Have you ever noticed how some people, no matter how brightly the sun is shining in November, will find the one cloud in the sky and start forecasting the ice storm that’s sure to come in February?

Okay–if you’re from Michigan, you get a pass. Here, in the land of the really long winters, you can’t blame us for getting a head start on our worrying!

The folks I’m talking about are the ones who love to complain about what a nightmare it was when the barista at Starbucks ruined their latte, how Uncle Joe rooked them out of “their” inheritance, or why some unknown road rager flipping them the bird on the freeway on the way to work ruined their day.  No matter how well life may be treating them, they will find the one thing that’s wrong and dwell on it like it’s the only thing that’s ever happened, and like they are the only one it ever happened to.

I had an aunt like that.  To be fair, she was funny, warm, and loving, but no one could top her in the negativity department.  She once asked me, “Why aren’t you bitter?”  The question surprised me but I thought about it and said, “Because I can’t stand how it feels.” “Humph!” she said.  “I wish I could feel that way, but it’s just too &%+#@ hard.”

I always wondered why it is we tend to remember the one bad thing that happens to us and ignore the good stuff.  You know, like being miserable about the one person who fell asleep in the middle of your presentation even though everyone else was paying really close attention.

The conversation with my aunt gave me some insight.  It helped me realize that negativity is actually a choice…a choice we make when being positive seems just too *&%#@ hard.  It helped me understand that one of the reasons we are so sensitive to hurt and pain is because we give it so much of our attention.

The problem comes when we are more attuned to the hurt and pain than to the love and kindness that exist inside us and around us.  Many of us begin to accept hurt and pain as the norm. That’s when the joy that is our natural state of being fades into the background. We get into the habit of complaining about what’s wrong. Since what we focus on expands, complaining becomes our default mode.

So how do we make joyfulness, love, and harmony our foreground? We have to be intentional.  We have to focus on these qualities and practice them mindfully. We have to refuse to live with the burden of negativity.  Once we become conscious of how good it feels to be positive, we want more. The catch is it doesn’t just happen.  In order to feel good, we have to engage in practices that might at times seem too *&%#@ hard. But like a garden that goes unattended and becomes overtaken by weeds and other critters, our consciousness unattended can become infested with negative thoughts that crowd out our good ones.

Cultivating positive thoughts, words, and actions takes effort. The good news is you don’t have to go outside yourself to find these positive qualities; you  already possess them. They are already a part of you.  Your work is to tune in to their existence and get good at them.

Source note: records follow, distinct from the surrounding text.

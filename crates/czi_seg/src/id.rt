//! Ids of segments.

/// The id of a segment: 16 bytes, ASCII padded with zero bytes.
#[derive(Clone, Copy, PartialEq, Eq)]
pub enum SegId {
    /// `ZISRAWFILE`: the file header.
    File,
    /// `ZISRAWDIRECTORY`: the directory of subblocks.
    Directory,
    /// `ZISRAWSUBBLOCK`: a subblock.
    Subblock,
    /// `ZISRAWMETADATA`: the metadata.
    Metadata,
    /// `ZISRAWATTACH`: an attachment.
    Attachment,
    /// `ZISRAWATTDIR`: the directory of attachments.
    AttDir,
    /// `DELETED`: a segment that is no longer used.
    Deleted,
    /// An id that is none of these.
    Other([u8; 16]),
}

const FILE: [u8; 16] = *b"ZISRAWFILE\0\0\0\0\0\0";

const DIRECTORY: [u8; 16] = *b"ZISRAWDIRECTORY\0";

const SUBBLOCK: [u8; 16] = *b"ZISRAWSUBBLOCK\0\0";

const METADATA: [u8; 16] = *b"ZISRAWMETADATA\0\0";

const ATTACHMENT: [u8; 16] = *b"ZISRAWATTACH\0\0\0\0";

const ATT_DIR: [u8; 16] = *b"ZISRAWATTDIR\0\0\0\0";

const DELETED: [u8; 16] = *b"DELETED\0\0\0\0\0\0\0\0\0";

impl SegId {
    ghost use Rattle.std.specs.Prelude.{◌≡◌};
    ghost use Rattle.czi_seg.specs.View.{id_bytes, seg_id};

    /// The id with these bytes. It is `Other` exactly where the bytes are none of the seven ids that the
    /// format names.
    #[tactic(auto, unfolding(crate::specs::View::seg_id, czi_format::specs::Segment::file_id, czi_format::specs::Segment::directory_id, czi_format::specs::Segment::subblock_id, czi_format::specs::Segment::metadata_id, czi_format::specs::Segment::attachment_id, czi_format::specs::Segment::attdir_id, czi_format::specs::Segment::deleted_id))]
    pub fn from_bytes(id: [u8; 16]) -> SegId
        ensures value { result ≡ seg_id id }
        ensures bytes { id_bytes result ≡ id }
    {
        if id == FILE {
            SegId::File
        } else if id == DIRECTORY {
            SegId::Directory
        } else if id == SUBBLOCK {
            SegId::Subblock
        } else if id == METADATA {
            SegId::Metadata
        } else if id == ATTACHMENT {
            SegId::Attachment
        } else if id == ATT_DIR {
            SegId::AttDir
        } else if id == DELETED {
            SegId::Deleted
        } else {
            SegId::Other(id)
        }
    }

    /// The id's bytes.
    #[tactic(auto, unfolding(czi_format::specs::Segment::file_id, czi_format::specs::Segment::directory_id, czi_format::specs::Segment::subblock_id, czi_format::specs::Segment::metadata_id, czi_format::specs::Segment::attachment_id, czi_format::specs::Segment::attdir_id, czi_format::specs::Segment::deleted_id))]
    pub fn to_bytes(&self) -> [u8; 16]
        ensures { result ≡ id_bytes self.now }
    {
        match *self {
            SegId::File => FILE,
            SegId::Directory => DIRECTORY,
            SegId::Subblock => SUBBLOCK,
            SegId::Metadata => METADATA,
            SegId::Attachment => ATTACHMENT,
            SegId::AttDir => ATT_DIR,
            SegId::Deleted => DELETED,
            SegId::Other(id) => id,
        }
    }
}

My aunt was one of the funniest, most unconditionally loving, and generous people I have ever known. But because she was stuck in negative thought patterns she was unable to avoid the bitterness that is a natural consequence of habitual negative thinking.  When we attune ourselves to what is joyful, loving and harmonious, we can avoid the pain that negativity brings.

Spend some time this month practicing becoming more conscious of your loving nature.  Notice what brings you joy.  Make being in harmony with nature, yourself, and with others a habit.

1.  At the end of each day, write down one thing that made you happy.  It can be as simple as “someone smiled at me” or better yet, “I smiled at someone.”

2.  Each day tell someone in your life something you appreciate about them. It can be a family member, a co-worker or even the clerk at the grocery store who takes the time to greet you each time you walk in.

3.  Once a day give yourself a compliment and write down one thing you appreciate about yourself.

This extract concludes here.